BEGIN

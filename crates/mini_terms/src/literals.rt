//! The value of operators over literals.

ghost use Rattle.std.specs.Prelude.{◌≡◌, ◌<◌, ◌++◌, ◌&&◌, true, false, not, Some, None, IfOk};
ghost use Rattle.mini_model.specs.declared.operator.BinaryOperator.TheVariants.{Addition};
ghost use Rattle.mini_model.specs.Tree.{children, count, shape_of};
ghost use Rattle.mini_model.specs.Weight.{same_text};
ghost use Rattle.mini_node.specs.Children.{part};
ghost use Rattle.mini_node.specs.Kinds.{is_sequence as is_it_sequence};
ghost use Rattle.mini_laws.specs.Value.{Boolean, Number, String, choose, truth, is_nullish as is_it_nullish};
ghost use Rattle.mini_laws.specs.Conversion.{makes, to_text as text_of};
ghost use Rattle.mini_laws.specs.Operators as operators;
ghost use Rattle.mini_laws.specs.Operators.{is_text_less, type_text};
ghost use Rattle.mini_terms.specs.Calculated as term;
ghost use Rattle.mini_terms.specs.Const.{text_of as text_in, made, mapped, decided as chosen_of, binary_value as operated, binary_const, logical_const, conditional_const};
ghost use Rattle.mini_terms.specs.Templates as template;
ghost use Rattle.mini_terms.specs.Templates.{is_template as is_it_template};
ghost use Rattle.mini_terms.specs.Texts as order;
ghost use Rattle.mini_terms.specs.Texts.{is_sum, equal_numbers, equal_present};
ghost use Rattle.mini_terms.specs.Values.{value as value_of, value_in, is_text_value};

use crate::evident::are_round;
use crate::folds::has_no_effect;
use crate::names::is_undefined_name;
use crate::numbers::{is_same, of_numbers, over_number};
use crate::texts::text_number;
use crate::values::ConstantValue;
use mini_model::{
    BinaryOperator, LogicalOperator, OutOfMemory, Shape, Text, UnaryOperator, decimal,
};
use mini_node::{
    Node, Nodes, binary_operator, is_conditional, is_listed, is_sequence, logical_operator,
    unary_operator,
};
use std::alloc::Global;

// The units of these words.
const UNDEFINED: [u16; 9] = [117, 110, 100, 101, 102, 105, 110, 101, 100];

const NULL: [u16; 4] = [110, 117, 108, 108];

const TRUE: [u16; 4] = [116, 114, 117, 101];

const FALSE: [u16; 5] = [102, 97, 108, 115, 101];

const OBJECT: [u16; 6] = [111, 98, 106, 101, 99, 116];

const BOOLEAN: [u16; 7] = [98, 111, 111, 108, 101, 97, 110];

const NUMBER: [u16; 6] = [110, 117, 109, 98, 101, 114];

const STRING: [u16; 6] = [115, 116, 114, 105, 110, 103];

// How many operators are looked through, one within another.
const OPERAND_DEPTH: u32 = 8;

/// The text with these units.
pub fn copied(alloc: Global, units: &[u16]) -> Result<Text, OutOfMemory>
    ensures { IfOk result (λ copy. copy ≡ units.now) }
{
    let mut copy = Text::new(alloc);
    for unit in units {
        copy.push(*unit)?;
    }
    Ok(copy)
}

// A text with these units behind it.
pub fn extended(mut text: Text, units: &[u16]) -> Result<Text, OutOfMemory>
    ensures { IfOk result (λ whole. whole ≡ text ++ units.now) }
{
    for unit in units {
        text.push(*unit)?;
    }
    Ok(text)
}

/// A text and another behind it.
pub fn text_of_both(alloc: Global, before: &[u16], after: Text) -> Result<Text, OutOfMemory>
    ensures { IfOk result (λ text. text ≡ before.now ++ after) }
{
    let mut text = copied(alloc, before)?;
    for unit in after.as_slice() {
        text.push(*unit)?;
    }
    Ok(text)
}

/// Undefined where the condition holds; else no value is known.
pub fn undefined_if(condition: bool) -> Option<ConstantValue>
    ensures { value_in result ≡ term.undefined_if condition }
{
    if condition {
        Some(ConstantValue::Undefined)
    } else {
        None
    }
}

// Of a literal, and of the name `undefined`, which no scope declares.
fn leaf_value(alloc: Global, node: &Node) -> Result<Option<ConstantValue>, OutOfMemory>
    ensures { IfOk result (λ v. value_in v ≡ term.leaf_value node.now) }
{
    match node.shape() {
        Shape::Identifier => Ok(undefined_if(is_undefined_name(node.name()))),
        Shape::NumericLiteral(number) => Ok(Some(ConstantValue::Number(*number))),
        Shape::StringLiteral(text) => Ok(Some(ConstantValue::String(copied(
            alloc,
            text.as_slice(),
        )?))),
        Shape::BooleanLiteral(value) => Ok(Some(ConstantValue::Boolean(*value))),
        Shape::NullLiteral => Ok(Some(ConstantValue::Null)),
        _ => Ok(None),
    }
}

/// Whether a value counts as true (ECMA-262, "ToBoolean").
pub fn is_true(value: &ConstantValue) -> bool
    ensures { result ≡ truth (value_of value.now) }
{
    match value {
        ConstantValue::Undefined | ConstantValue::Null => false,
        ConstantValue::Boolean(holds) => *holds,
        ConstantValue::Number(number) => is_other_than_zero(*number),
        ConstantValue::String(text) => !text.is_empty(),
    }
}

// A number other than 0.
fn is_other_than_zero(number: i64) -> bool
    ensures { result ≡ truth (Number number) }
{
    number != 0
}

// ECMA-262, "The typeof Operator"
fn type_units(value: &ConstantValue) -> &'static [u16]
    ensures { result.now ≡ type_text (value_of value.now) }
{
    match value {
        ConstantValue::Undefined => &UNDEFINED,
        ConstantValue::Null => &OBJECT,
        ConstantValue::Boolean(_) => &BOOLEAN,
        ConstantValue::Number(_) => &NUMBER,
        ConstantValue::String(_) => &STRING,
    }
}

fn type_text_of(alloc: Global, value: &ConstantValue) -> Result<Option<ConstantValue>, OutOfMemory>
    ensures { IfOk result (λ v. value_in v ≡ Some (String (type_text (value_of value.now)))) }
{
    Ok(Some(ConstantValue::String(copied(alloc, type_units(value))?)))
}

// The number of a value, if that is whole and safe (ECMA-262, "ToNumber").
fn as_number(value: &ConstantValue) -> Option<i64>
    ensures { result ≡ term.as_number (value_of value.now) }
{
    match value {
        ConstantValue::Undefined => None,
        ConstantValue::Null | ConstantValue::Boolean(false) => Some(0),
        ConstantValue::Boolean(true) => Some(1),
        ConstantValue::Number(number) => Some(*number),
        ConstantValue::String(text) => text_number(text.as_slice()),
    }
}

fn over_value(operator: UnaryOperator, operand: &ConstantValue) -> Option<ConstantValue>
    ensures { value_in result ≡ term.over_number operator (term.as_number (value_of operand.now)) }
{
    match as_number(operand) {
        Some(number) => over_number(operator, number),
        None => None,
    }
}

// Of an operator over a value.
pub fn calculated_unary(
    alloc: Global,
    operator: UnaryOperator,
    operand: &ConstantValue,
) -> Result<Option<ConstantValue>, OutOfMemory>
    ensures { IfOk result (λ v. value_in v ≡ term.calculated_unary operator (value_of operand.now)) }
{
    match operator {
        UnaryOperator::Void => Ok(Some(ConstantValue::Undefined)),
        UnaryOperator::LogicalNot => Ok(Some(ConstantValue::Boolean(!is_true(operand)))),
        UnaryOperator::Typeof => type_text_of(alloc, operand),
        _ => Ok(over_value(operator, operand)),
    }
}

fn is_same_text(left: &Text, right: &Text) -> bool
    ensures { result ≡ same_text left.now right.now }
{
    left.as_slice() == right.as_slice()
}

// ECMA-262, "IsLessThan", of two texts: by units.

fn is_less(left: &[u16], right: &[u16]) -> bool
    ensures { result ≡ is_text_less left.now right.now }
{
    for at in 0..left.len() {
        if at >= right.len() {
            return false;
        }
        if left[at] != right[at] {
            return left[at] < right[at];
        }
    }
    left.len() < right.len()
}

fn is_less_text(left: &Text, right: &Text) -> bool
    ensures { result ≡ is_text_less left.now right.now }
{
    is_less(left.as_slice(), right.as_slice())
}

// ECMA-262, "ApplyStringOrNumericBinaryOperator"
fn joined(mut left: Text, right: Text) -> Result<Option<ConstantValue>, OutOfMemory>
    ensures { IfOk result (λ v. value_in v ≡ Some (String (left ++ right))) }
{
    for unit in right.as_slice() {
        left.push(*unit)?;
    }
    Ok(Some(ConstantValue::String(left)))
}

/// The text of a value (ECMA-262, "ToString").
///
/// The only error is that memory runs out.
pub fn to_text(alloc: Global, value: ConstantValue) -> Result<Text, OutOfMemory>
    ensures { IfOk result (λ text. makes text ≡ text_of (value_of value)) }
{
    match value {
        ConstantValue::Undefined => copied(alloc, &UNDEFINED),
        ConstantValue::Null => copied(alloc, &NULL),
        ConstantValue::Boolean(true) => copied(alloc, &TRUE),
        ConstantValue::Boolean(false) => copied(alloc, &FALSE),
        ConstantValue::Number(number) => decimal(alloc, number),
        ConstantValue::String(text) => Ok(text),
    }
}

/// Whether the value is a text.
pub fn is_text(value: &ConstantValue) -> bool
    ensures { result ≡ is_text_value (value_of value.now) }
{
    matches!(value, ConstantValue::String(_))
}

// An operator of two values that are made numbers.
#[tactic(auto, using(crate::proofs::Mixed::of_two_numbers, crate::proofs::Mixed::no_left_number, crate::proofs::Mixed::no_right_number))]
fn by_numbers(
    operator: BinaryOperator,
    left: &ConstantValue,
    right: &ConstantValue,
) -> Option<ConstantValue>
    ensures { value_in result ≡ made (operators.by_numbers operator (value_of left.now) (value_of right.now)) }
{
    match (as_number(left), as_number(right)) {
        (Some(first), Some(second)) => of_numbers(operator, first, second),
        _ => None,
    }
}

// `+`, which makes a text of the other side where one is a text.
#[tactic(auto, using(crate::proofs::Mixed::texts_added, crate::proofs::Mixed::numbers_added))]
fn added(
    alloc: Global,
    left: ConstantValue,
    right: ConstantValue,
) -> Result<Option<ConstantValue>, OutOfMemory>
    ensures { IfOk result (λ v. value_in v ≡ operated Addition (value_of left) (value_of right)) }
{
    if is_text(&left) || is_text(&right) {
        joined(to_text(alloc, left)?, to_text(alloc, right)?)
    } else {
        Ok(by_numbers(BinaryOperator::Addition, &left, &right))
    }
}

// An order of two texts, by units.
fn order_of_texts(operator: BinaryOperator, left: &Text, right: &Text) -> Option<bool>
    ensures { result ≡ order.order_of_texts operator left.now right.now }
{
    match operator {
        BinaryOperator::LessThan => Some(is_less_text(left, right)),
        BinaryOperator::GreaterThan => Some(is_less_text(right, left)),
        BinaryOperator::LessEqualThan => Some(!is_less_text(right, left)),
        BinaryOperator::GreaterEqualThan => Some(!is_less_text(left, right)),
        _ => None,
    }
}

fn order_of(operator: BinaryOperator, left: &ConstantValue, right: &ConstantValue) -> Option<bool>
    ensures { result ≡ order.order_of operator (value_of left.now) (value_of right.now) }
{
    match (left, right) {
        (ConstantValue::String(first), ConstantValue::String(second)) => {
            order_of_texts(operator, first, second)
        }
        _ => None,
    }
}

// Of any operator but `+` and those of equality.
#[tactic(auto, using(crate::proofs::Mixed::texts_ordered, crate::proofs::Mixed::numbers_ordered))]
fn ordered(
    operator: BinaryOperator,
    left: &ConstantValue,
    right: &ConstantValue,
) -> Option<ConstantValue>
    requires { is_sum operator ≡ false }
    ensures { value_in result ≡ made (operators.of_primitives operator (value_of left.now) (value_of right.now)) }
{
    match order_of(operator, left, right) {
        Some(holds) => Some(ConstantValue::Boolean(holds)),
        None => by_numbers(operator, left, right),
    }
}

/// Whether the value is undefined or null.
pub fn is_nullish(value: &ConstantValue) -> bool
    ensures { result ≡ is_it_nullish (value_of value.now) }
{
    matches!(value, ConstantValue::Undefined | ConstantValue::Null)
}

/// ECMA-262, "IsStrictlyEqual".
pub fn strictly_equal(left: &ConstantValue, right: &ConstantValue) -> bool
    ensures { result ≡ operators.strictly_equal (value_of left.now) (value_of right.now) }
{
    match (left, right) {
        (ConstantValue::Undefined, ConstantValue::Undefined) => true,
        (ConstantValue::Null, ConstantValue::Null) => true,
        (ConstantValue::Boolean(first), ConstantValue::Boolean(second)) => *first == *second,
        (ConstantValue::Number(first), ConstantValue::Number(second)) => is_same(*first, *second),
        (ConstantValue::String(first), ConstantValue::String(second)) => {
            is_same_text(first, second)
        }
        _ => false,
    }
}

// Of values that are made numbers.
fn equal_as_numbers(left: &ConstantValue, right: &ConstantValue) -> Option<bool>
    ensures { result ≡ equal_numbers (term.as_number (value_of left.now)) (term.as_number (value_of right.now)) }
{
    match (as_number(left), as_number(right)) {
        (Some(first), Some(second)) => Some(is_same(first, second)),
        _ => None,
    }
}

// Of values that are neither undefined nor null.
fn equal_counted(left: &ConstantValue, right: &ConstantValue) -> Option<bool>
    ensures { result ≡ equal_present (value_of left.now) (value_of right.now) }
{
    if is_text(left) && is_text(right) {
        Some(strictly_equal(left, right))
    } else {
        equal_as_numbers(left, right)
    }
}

END

* [Problem statement]:
Show every line from the entries that includes the word "copy".

* [Exercise solution]:
    ensures { IfOk result (λ copy. copy ≡ units.now) }
    let mut copy = Text::new(alloc);
        copy.push(*unit)?;
    Ok(copy)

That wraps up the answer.